Records contained in a dataset

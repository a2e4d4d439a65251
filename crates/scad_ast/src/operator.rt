/// An operator of two sides.
#[derive(Clone, Copy)]
pub enum BinaryOp {
    Or,
    And,
    Equal,
    NotEqual,
    Less,
    LessEqual,
    Greater,
    GreaterEqual,
    Add,
    Subtract,
    Multiply,
    Divide,
    Remainder,
}

/// An operator before its operand.
#[derive(Clone, Copy)]
pub enum UnaryOp {
    /// `-`
    Negate,
    /// `+`
    Keep,
    /// `!`
    Not,
}

/// A mark before an instance.
#[derive(Clone, Copy)]
pub enum Modifier {
    /// `*`: not evaluated.
    Disable,
    /// `%`: not evaluated.
    Background,
    /// `#`: changes nothing.
    Highlight,
    /// `!`: the whole design.
    Root,
}
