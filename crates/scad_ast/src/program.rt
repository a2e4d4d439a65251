//! A whole program: its statements, few enough that blocks and definitions are numbered by `u32`.

ghost use Rattle.std.specs.Prelude.{◌<◌, ◌^◌};
ghost use Rattle.scad_ast.specs.Counts.{count_begun_by_program};
ghost use Rattle.scad_ast.specs.StatementView.{statements_of};

use crate::statement::Statements;

/// A whole source. The type keeps that fewer than 2^32 blocks, functions and modules begin in it, so that they are
/// numbered by `u32`.
#[derive(Drop)]
pub struct Program {
    pub statements: Statements,
    pub ghost few: { count_begun_by_program (statements_of statements) < 2 ^ 32 },
}
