//! Expressions, as the parser gives them.

ghost use Rattle.std.specs.Prelude.{◌≡◌};
ghost use Rattle.scad_ast.specs.Terms.{place_of_term};
ghost use Rattle.scad_ast.specs.ExprView.{term_of};

use crate::operator::{BinaryOp, UnaryOp};
use plain_text::{CompactBytes, Numeral, Place};
use std::mem::size_of;

/// An expression. The first place of each form is that of its first token. What has no room beside the place lies in one
/// box, so that an expression takes 32 bytes.
#[cycle(expression)]
#[derive(Drop)]
pub enum Expr {
    Number(Place, Numeral),
    Text(Place, CompactBytes),
    Truth(Place, bool),
    Undef(Place),
    /// `$children`
    ChildCount(Place),
    /// Another special name, without its `$`.
    Special(Place, CompactBytes),
    Name(Place, CompactBytes),
    Call(Place, Box<Call>),
    /// What stands in parentheses.
    Paren(Place, Box<Expr>),
    List(Place, Box<Exprs>),
    Range(Place, Box<Range>),
    SteppedRange(Place, Box<SteppedRange>),
    Postfix(Place, Box<Postfix>),
    Unary(Place, UnaryOp, Box<Expr>),
    Chain(Place, Box<Chain>),
    Choice(Place, Box<Choice>),
}

const _: () = prove!(size_of::<Expr>() == 32);

/// A list of expressions.
#[cycle(expression)]
#[derive(Drop)]
pub struct Exprs {
    pub items: Vec<Expr>,
}

/// A function's name and its arguments.
#[cycle(expression)]
#[derive(Drop)]
pub struct Call {
    pub name: CompactBytes,
    pub args: Args,
}

/// `[from : to]`
#[cycle(expression)]
#[derive(Drop)]
pub struct Range {
    pub from: Expr,
    pub to: Expr,
}

/// `[from : step : to]`
#[cycle(expression)]
#[derive(Drop)]
pub struct SteppedRange {
    pub from: Expr,
    pub step: Expr,
    pub to: Expr,
}

/// An expression with indexes and members behind it.
#[cycle(expression)]
#[derive(Drop)]
pub struct Postfix {
    pub of: Expr,
    pub suffixes: Suffixes,
}

/// Operators of one level and what stands between them; they group to the left.
#[cycle(expression)]
#[derive(Drop)]
pub struct Chain {
    pub first: Expr,
    pub links: Links,
}

/// `test ? yes : no`, with the place of the `?`.
#[cycle(expression)]
#[derive(Drop)]
pub struct Choice {
    pub test: Expr,
    pub mark: Place,
    pub yes: Expr,
    pub no: Expr,
}

/// An operator, its place and its right side.
#[cycle(expression)]
#[derive(Drop)]
pub struct Link {
    pub op: BinaryOp,
    pub place: Place,
    pub right: Expr,
}

/// The rest of a chain of operators, at least one. Most have one, and then the list of more needs no allocation.
#[cycle(expression)]
#[derive(Drop)]
pub struct Links {
    pub first: Link,
    pub more: Vec<Link>,
}

/// What stands behind an expression.
#[cycle(expression)]
#[derive(Drop)]
pub enum Suffix {
    /// An index, with the place of its `[`.
    Index(Place, Expr),
    /// A member: the place of the `.`, and the name with its place.
    Member(Place, CompactBytes, Place),
}

/// The indexes and members behind an expression, at least one. Most have one, and then the list of more needs no
/// allocation.
#[cycle(expression)]
#[derive(Drop)]
pub struct Suffixes {
    pub first: Suffix,
    pub more: Vec<Suffix>,
}

/// An argument.
#[cycle(expression)]
#[derive(Drop)]
pub enum Arg {
    /// A name, its place and its value.
    Named(Place, CompactBytes, Expr),
    /// A special name other than `$children`, without its `$`, its place and its value.
    Special(Place, CompactBytes, Expr),
    Positional(Expr),
}

/// A list of arguments.
#[cycle(expression)]
#[derive(Drop)]
pub struct Args {
    pub items: Vec<Arg>,
}

impl Expr {
    /// The place of the first token.
    pub fn place(&self) -> Place
        ensures { result ≡ place_of_term (term_of self.now) }
    {
        match self {
            Expr::Number(place, _)
            | Expr::Text(place, _)
            | Expr::Truth(place, _)
            | Expr::Undef(place)
            | Expr::ChildCount(place)
            | Expr::Special(place, _)
            | Expr::Name(place, _)
            | Expr::Call(place, _)
            | Expr::Paren(place, _)
            | Expr::List(place, _)
            | Expr::Range(place, _)
            | Expr::SteppedRange(place, _)
            | Expr::Postfix(place, _)
            | Expr::Unary(place, _, _)
            | Expr::Chain(place, _)
            | Expr::Choice(place, _) => *place,
        }
    }
}
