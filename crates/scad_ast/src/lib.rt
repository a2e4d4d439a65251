//! The syntax tree of the modelling language, with the place of each form, name, operator and sign.
//!
//! There is one variant for each form. Each has the place of its first token. Each name, each operator, and each `?`, `.` and
//! `[` of an index has a place of its own.
#![tactic(auto)]

mod expression;
mod operator;
mod program;
mod statement;

pub use expression::{
    Arg, Args, Call, Chain, Choice, Expr, Exprs, Link, Links, Postfix, Range, SteppedRange, Suffix,
    Suffixes,
};
pub use operator::{BinaryOp, Modifier, UnaryOp};
pub use program::Program;
pub use statement::{
    Binder, Binders, Body, Core, Instance, Param, Params, PlacedModifier, PlacedModifiers,
    Statement, Statements,
};
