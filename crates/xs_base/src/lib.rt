//! What the crates above share and what knows nothing of pictures: lists that may cross threads, the error
//! for want of memory, lists that hold each number once, the rows of a range and its sections, and the
//! limits of the formats.
#![tactic(auto)]

pub mod laws;
pub mod limits;
mod list;
mod memory;
mod threads;

pub use list::List;
pub use memory::Memory;
pub use threads::{crosses_threads, list_crosses_threads};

§ WHAT THE EXERCISE ASKS: In the data above, find each line where the string "needs" appears, then copy it.

§ EXERCISE ANSWER:
/// The rest of a chain of operators, at least one. Most have one, and then the list of more needs no allocation.
/// The indexes and members behind an expression, at least one. Most have one, and then the list of more needs no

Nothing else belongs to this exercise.